Data to use: Begin
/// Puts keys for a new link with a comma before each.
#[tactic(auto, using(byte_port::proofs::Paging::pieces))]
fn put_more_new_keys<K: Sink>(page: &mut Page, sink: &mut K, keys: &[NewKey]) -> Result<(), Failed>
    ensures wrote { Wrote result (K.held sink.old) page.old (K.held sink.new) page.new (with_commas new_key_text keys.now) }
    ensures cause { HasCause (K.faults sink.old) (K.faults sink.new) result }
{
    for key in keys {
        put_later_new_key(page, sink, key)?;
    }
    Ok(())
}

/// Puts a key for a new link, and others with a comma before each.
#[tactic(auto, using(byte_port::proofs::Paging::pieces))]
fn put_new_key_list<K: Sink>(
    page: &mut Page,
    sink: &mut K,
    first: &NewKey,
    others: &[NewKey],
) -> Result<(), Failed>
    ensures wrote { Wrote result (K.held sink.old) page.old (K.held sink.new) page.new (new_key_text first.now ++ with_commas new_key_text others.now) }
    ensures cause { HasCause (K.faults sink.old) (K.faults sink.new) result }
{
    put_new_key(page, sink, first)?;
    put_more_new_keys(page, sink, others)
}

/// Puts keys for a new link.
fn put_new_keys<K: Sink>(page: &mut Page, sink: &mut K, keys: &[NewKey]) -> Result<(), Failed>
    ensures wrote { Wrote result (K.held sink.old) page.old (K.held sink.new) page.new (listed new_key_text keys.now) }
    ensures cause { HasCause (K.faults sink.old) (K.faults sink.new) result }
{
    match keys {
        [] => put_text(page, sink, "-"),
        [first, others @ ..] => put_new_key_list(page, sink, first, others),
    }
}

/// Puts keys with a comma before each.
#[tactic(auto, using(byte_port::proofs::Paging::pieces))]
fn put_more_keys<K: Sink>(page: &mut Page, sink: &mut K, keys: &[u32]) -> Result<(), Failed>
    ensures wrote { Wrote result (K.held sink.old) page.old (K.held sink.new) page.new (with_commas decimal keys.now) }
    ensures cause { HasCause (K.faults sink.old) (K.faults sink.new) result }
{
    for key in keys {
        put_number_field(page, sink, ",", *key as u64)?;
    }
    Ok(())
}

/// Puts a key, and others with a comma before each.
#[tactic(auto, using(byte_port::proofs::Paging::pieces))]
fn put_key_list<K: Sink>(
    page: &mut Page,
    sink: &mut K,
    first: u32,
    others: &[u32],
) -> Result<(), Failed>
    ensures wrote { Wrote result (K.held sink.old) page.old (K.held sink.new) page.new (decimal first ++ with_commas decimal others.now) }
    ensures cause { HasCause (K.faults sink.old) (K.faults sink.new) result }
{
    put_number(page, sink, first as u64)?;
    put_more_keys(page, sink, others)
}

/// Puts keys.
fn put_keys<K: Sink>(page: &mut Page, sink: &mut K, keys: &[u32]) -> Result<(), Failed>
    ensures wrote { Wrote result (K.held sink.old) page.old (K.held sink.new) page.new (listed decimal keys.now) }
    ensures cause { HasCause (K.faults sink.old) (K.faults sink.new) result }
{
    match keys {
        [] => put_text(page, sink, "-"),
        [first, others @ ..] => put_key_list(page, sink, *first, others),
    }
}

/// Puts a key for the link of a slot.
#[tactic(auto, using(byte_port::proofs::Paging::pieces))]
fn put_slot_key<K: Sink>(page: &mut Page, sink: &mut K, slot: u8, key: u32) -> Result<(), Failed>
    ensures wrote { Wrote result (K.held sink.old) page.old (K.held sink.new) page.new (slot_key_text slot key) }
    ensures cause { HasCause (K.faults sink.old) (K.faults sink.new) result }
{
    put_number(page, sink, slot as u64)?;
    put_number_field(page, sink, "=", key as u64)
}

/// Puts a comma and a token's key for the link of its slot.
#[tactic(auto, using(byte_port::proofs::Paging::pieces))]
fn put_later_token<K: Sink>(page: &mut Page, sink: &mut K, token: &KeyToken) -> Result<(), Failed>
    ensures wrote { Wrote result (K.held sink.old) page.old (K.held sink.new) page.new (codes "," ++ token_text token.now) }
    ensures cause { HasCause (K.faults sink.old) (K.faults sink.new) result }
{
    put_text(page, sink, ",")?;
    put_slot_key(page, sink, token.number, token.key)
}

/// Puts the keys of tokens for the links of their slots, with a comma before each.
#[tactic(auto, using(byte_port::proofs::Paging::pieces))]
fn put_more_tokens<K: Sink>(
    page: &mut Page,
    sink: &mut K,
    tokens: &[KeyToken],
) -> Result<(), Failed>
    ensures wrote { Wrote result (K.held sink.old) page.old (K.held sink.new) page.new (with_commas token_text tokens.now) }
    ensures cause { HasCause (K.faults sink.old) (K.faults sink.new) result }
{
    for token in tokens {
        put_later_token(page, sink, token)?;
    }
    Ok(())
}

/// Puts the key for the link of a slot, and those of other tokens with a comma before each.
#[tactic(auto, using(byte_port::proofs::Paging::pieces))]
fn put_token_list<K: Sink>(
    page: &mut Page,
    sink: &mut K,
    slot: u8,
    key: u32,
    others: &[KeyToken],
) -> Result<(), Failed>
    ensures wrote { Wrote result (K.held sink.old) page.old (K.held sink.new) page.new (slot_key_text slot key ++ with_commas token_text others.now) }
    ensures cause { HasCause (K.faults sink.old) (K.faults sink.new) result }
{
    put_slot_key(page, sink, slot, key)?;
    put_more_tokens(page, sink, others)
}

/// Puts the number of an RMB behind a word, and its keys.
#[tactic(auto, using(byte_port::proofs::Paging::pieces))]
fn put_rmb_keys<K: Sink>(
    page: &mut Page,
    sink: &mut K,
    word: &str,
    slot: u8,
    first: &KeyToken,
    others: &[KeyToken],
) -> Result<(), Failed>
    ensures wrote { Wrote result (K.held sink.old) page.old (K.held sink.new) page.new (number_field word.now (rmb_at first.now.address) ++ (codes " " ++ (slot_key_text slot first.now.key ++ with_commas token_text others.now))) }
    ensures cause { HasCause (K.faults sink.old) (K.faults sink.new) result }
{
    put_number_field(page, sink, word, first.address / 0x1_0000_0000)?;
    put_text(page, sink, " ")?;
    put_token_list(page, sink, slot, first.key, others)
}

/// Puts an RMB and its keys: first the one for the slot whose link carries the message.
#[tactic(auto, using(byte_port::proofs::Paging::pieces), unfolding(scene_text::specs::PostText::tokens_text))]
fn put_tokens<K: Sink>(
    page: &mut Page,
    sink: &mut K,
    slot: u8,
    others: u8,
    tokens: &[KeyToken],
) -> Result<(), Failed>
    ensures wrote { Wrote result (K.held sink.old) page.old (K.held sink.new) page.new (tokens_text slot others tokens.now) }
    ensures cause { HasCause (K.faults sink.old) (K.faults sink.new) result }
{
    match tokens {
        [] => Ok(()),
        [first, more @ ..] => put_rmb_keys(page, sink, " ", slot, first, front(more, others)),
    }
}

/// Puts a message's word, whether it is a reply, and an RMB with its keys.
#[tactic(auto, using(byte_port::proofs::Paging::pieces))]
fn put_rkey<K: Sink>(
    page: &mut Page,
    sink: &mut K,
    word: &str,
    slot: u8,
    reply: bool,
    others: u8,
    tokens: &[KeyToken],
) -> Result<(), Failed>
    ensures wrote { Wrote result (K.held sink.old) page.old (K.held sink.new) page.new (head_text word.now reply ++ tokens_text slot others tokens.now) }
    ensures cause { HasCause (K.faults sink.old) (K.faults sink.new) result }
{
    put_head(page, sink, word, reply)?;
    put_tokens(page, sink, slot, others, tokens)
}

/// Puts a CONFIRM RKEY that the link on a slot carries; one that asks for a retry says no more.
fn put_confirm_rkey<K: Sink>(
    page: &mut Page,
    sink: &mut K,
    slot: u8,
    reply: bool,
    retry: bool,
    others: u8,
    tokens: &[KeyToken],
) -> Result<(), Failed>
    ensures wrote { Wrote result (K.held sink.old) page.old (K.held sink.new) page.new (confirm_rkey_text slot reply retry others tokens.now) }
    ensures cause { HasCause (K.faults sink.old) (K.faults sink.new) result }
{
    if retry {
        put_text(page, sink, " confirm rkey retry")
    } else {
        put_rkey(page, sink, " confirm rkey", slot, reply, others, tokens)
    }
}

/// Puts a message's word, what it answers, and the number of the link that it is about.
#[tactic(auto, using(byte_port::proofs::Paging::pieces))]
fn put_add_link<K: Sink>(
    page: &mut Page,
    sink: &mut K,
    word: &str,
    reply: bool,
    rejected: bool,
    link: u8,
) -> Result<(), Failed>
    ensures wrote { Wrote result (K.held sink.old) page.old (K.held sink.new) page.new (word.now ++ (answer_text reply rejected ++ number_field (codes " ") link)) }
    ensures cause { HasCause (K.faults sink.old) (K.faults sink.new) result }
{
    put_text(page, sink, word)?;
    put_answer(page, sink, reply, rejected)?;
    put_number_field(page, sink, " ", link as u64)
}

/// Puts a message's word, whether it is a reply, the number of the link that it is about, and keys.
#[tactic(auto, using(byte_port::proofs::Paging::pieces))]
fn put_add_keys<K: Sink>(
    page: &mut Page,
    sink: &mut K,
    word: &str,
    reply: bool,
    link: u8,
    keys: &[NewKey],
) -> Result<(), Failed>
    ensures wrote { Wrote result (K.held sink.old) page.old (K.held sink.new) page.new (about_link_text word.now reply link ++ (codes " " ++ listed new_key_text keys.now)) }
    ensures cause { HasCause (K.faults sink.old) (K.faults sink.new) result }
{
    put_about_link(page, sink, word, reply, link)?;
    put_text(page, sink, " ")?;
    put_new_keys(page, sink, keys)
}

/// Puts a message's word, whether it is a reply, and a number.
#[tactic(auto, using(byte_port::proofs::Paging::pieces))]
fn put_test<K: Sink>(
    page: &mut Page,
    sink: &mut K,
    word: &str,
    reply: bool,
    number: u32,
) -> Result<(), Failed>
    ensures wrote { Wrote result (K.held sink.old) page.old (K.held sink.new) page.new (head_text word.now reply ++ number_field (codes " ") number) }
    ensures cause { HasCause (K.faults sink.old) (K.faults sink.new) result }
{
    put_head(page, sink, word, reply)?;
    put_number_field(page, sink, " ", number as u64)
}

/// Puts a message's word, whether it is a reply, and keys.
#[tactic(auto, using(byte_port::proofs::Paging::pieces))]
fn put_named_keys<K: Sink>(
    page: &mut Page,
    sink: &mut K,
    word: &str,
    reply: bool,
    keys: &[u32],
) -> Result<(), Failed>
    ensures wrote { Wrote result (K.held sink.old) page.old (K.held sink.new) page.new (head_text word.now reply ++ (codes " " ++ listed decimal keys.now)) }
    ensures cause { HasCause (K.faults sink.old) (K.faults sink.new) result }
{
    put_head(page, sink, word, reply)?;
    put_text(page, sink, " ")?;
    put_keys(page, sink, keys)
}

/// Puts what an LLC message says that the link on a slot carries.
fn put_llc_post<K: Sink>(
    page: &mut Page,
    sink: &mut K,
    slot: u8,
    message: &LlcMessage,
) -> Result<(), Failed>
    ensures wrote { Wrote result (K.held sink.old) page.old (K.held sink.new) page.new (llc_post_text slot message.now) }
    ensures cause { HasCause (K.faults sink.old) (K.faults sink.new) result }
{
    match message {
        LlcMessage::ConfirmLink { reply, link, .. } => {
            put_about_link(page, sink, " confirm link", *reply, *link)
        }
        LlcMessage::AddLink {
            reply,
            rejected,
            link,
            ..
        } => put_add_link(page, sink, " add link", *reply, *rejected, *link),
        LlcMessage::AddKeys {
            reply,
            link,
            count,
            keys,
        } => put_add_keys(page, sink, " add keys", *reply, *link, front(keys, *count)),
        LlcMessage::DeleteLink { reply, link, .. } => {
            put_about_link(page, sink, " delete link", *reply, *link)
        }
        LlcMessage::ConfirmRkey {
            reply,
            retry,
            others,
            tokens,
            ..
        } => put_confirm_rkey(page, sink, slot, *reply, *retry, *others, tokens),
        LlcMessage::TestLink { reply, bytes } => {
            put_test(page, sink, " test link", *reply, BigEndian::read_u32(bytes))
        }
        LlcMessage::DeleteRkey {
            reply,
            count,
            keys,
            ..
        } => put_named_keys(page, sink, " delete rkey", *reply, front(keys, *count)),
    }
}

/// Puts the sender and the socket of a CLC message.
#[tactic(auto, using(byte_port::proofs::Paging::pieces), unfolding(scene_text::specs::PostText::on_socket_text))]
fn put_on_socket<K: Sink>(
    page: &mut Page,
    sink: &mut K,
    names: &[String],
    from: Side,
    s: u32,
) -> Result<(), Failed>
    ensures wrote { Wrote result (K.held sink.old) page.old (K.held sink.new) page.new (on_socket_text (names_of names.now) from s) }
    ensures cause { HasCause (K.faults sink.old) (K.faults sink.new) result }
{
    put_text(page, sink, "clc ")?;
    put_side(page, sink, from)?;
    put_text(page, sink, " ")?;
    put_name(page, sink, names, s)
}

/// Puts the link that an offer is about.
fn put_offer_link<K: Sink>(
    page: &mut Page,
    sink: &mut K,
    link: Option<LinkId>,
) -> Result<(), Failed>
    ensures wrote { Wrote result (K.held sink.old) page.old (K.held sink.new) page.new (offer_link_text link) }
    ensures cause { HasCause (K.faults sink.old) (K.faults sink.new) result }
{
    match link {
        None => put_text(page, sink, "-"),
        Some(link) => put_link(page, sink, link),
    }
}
Data to use: End
[Problem requirements] Please state how many lines in the entries above include the word "whether", giving only the number.

[Response area] 4